- **RECORDS**
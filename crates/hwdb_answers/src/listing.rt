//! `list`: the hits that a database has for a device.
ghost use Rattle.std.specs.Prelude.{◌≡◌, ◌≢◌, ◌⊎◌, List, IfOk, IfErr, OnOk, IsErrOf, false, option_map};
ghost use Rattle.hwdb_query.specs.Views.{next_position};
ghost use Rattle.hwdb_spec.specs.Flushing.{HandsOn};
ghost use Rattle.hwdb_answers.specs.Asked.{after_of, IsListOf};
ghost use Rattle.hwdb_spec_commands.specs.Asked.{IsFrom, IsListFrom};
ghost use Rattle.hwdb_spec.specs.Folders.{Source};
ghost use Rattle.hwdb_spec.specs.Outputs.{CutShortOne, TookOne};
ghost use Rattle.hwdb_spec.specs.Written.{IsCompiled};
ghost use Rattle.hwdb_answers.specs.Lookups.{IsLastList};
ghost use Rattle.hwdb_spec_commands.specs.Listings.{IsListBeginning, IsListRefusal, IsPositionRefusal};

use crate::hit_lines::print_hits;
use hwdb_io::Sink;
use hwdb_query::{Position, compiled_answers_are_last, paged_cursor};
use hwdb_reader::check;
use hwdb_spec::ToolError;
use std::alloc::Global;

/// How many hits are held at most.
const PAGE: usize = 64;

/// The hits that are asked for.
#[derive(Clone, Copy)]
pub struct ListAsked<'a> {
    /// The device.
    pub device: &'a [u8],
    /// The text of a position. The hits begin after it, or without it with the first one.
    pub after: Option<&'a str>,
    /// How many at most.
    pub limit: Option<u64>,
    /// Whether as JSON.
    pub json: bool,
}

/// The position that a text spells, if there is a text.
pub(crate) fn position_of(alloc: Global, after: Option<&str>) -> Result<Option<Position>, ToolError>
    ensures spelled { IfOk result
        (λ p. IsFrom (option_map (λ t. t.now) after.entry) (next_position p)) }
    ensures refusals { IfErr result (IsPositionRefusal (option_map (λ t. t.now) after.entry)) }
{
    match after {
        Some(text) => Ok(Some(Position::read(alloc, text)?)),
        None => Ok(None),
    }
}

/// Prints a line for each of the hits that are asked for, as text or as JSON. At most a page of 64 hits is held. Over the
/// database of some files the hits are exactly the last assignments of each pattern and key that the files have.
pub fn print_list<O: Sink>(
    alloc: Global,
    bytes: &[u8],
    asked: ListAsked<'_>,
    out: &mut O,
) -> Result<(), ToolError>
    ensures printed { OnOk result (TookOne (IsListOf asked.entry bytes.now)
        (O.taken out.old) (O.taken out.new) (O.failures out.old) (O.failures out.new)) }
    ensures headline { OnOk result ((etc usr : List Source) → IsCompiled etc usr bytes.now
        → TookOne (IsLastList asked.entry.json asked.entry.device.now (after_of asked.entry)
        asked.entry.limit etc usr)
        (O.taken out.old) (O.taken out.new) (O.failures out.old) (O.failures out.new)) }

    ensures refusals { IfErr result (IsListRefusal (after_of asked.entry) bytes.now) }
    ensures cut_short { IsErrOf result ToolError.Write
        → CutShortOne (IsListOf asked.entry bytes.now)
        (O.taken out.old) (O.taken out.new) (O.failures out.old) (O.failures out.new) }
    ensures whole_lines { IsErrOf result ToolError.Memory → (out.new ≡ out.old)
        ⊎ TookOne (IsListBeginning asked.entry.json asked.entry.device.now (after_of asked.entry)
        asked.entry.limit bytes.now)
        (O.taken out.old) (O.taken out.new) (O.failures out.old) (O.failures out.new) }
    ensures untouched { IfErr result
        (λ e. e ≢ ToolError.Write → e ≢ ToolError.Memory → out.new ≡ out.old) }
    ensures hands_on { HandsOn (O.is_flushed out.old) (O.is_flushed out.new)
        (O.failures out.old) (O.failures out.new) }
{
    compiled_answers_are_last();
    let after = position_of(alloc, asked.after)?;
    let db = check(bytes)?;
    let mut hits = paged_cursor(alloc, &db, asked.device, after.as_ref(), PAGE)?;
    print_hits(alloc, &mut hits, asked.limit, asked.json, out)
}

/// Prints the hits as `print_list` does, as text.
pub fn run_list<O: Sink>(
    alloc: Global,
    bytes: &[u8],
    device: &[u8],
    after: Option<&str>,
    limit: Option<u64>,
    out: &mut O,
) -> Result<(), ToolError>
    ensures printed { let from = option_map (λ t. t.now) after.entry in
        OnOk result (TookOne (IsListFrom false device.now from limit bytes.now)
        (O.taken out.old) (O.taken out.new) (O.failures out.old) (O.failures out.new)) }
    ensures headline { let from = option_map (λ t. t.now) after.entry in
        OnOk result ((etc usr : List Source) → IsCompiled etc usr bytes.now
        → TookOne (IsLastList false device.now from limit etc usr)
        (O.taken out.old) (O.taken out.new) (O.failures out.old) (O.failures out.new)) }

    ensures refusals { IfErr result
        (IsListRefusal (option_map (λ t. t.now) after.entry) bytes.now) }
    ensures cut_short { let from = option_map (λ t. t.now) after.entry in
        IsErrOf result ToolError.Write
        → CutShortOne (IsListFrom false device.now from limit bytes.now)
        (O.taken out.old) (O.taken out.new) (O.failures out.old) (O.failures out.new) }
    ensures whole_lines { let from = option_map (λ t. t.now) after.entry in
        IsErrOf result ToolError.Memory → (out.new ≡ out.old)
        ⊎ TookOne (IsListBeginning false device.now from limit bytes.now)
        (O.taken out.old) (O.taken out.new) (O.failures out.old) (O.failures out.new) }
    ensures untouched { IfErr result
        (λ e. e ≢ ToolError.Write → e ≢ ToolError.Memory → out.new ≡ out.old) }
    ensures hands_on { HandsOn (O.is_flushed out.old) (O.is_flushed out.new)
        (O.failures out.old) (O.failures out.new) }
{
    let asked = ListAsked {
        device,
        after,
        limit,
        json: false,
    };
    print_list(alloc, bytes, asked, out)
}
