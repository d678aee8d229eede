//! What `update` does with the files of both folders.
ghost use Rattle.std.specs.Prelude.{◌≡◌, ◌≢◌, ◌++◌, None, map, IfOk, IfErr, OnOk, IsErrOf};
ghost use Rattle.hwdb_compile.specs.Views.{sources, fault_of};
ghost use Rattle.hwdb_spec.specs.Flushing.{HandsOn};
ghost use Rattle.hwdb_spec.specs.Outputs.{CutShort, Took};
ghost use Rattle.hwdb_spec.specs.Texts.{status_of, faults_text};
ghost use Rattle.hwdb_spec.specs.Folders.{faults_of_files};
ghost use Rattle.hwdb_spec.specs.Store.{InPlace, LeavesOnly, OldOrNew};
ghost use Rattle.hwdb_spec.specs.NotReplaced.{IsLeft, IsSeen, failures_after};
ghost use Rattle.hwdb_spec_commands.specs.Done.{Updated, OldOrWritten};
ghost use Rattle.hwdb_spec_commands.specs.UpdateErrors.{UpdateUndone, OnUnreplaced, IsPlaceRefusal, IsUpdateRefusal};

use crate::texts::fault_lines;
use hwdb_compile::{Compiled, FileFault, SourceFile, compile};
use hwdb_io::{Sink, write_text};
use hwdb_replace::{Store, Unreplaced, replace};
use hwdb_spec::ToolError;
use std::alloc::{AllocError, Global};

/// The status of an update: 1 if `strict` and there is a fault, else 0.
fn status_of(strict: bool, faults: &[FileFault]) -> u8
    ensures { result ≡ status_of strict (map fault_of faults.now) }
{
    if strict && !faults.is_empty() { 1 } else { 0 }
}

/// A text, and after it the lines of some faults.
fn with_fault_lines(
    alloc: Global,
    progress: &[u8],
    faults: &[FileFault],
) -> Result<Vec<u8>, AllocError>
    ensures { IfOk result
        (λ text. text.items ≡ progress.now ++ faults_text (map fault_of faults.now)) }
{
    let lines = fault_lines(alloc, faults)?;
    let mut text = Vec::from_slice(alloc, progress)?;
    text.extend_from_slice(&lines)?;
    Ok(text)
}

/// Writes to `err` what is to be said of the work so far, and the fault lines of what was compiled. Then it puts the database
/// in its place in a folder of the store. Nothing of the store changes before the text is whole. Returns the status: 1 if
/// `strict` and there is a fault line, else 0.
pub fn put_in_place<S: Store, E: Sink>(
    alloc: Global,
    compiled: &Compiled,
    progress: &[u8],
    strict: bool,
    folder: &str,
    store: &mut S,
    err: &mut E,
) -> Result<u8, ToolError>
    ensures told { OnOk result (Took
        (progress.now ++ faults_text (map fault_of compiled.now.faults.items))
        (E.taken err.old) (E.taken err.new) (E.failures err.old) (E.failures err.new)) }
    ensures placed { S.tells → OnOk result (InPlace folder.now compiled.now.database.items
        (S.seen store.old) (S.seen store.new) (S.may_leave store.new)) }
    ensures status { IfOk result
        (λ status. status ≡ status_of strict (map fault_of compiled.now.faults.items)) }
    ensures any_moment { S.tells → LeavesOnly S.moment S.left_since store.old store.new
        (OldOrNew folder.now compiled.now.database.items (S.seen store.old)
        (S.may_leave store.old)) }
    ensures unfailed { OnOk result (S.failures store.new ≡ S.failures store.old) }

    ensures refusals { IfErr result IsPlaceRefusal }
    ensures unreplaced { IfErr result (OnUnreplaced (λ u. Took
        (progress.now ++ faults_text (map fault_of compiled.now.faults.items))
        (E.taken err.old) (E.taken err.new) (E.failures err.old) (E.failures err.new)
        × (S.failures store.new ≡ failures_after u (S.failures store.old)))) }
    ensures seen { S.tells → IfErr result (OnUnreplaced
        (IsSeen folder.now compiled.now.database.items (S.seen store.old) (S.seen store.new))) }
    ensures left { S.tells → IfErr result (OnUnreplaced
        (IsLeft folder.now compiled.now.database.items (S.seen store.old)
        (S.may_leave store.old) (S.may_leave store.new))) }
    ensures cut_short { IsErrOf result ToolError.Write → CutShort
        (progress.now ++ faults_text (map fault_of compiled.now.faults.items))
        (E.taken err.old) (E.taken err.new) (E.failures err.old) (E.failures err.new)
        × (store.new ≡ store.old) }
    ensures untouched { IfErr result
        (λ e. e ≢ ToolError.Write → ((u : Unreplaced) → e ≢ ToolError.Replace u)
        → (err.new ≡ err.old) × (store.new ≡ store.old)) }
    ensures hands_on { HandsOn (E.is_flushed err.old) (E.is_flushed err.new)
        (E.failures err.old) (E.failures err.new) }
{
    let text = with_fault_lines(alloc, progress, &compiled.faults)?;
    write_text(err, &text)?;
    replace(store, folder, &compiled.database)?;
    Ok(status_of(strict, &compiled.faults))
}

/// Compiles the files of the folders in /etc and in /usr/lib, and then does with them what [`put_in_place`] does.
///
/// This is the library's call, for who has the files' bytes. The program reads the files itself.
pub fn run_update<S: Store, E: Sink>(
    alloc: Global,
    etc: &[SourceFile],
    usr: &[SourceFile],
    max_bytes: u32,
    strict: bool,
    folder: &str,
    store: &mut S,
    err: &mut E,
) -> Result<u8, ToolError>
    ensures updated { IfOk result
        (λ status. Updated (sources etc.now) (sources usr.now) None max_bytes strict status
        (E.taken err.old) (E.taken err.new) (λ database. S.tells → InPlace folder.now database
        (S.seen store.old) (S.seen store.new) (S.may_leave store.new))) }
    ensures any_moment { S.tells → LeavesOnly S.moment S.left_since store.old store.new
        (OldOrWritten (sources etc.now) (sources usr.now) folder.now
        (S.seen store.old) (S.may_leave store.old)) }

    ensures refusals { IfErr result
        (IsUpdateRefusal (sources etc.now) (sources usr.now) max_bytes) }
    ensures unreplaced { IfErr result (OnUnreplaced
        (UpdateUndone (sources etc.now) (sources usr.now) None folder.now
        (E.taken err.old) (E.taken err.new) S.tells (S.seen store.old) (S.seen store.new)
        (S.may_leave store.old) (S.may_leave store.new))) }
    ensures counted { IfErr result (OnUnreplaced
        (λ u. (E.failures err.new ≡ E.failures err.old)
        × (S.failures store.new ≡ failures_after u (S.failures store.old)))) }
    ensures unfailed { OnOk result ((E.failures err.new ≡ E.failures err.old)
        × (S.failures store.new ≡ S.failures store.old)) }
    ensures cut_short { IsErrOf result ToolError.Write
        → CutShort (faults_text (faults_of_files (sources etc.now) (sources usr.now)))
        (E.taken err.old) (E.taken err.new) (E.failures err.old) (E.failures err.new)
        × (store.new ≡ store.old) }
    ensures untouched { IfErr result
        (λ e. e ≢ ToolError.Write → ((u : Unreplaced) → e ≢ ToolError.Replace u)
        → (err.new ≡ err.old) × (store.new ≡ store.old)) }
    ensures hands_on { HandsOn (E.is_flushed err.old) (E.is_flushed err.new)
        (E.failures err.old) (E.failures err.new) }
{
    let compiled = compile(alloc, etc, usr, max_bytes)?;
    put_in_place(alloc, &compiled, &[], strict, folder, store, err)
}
--
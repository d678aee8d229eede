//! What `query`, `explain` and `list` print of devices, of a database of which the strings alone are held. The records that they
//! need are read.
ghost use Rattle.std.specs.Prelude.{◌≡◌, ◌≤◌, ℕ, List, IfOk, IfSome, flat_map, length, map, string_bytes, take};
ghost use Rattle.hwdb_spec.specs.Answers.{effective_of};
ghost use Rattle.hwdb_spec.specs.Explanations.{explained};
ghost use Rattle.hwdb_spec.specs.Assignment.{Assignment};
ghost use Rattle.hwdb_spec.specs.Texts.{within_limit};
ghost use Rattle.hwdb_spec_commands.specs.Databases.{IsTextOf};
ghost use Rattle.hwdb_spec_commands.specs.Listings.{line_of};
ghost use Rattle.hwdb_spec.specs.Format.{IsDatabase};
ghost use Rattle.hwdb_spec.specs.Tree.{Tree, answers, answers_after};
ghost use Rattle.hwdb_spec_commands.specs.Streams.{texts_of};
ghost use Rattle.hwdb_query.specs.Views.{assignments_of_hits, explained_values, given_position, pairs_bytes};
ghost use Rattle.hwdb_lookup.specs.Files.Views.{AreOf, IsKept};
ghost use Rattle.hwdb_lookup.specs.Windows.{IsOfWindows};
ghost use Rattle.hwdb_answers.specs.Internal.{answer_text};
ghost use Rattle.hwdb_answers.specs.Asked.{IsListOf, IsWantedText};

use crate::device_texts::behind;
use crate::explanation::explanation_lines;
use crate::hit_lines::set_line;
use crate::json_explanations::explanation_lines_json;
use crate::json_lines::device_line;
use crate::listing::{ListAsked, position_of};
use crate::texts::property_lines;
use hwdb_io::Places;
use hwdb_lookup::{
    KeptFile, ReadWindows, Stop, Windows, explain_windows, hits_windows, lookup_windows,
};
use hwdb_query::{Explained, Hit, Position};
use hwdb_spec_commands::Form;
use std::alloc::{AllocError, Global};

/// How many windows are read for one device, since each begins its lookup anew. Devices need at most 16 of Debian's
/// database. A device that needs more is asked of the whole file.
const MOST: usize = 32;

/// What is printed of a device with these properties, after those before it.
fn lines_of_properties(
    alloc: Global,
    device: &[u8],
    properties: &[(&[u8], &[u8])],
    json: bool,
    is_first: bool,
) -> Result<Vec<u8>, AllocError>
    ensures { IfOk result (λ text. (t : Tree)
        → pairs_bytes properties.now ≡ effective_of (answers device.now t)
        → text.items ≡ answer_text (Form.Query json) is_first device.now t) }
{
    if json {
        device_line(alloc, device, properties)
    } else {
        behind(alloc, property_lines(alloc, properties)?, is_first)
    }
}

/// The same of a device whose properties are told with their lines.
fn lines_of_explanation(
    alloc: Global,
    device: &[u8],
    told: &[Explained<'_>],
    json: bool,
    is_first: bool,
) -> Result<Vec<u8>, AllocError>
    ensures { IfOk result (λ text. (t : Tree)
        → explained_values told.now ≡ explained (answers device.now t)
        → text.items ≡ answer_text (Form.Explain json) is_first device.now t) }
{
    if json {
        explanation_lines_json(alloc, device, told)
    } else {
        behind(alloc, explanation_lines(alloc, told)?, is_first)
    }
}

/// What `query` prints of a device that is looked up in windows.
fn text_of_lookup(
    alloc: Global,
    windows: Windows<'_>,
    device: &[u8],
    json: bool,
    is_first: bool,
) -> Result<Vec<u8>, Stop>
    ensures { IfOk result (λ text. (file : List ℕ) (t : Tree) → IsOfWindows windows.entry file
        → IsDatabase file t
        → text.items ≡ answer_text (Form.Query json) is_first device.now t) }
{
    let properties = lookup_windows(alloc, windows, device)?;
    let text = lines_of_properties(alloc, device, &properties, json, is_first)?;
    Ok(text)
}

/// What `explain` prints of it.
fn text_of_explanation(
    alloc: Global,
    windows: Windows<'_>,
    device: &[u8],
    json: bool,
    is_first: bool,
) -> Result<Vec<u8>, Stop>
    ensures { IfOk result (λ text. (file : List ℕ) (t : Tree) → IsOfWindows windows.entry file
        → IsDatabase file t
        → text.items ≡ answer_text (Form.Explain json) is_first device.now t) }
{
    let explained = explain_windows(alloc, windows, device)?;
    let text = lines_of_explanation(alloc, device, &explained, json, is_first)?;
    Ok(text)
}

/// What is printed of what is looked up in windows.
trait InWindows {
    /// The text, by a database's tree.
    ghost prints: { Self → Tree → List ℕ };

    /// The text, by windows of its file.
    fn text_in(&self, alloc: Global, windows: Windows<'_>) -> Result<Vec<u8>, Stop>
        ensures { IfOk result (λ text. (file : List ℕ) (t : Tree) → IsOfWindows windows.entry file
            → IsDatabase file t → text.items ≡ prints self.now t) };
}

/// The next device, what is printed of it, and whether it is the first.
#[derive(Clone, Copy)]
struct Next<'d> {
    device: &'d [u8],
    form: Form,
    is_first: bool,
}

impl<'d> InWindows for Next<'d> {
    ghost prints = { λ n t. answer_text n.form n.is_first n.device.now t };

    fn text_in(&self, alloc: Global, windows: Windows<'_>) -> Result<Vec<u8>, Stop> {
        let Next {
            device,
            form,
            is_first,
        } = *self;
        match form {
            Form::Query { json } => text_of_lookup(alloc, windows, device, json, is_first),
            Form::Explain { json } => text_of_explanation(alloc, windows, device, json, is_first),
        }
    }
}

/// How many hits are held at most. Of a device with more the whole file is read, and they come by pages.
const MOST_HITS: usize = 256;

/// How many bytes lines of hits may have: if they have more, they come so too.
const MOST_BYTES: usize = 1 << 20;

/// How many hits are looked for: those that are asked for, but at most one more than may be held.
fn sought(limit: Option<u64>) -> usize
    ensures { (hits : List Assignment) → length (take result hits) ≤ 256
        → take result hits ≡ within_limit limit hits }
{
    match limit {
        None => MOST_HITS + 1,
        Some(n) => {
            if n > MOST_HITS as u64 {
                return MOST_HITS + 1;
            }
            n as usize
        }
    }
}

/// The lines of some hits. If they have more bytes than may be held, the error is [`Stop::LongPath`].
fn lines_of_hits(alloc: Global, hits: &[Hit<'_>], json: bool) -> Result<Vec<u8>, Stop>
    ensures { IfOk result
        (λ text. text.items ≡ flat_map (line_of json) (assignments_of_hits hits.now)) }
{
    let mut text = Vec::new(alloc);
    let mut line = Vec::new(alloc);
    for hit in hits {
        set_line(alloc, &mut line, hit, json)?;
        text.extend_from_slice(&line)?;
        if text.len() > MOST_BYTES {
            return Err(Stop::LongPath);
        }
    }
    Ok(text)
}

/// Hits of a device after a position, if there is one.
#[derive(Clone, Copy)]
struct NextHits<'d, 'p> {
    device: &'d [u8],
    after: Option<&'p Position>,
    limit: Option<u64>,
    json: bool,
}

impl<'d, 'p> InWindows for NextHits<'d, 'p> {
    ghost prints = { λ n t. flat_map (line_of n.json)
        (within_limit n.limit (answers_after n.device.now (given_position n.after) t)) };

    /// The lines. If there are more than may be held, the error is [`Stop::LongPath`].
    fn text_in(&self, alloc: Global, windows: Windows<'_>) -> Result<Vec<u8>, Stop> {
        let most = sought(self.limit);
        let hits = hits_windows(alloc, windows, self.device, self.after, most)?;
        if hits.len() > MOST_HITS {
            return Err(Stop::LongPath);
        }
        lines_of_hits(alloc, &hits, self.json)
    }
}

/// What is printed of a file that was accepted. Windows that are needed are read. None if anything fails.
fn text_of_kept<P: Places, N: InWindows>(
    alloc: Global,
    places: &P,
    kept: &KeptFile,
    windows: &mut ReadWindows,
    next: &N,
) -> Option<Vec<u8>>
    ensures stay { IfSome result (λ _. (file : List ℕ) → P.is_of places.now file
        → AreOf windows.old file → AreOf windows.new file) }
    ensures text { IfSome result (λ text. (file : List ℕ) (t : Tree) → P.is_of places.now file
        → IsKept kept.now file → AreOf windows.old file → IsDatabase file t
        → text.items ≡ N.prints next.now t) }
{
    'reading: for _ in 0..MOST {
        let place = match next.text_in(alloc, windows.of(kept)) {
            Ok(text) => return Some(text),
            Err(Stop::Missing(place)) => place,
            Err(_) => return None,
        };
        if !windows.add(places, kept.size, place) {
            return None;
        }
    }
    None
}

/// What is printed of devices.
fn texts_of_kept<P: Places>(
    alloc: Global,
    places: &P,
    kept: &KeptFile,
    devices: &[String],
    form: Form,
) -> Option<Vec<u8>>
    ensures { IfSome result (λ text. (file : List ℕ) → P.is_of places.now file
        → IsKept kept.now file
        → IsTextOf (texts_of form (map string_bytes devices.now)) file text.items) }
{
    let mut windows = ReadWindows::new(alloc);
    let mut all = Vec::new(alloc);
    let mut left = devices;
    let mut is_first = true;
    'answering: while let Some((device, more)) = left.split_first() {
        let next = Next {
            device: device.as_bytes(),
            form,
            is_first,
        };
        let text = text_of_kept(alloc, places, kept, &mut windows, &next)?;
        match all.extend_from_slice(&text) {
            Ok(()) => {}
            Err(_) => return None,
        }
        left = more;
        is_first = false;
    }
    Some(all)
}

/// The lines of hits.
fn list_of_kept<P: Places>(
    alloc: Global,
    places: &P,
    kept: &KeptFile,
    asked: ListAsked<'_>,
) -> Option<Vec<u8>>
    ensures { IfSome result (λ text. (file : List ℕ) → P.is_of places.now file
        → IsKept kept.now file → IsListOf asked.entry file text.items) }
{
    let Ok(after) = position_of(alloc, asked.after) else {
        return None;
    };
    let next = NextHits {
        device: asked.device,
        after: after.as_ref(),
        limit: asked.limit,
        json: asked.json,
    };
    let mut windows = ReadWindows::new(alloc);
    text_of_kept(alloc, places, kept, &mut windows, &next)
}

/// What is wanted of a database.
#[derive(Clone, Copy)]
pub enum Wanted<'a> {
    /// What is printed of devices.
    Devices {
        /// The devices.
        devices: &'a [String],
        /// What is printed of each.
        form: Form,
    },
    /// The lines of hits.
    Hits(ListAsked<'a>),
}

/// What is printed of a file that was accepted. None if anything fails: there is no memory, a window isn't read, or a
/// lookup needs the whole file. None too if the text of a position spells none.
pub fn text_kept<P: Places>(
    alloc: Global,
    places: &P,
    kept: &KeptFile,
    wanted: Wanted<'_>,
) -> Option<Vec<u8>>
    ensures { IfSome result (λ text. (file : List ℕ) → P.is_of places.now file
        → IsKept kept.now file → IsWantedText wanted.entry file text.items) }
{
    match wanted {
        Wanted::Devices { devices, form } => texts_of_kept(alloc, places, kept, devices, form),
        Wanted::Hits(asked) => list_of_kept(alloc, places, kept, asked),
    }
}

- **ABOUT THIS TASK**
Pull out every line in the material above where "check" occurs.

- **SOLUTION**
use hwdb_reader::check;
    let db = check(bytes)?;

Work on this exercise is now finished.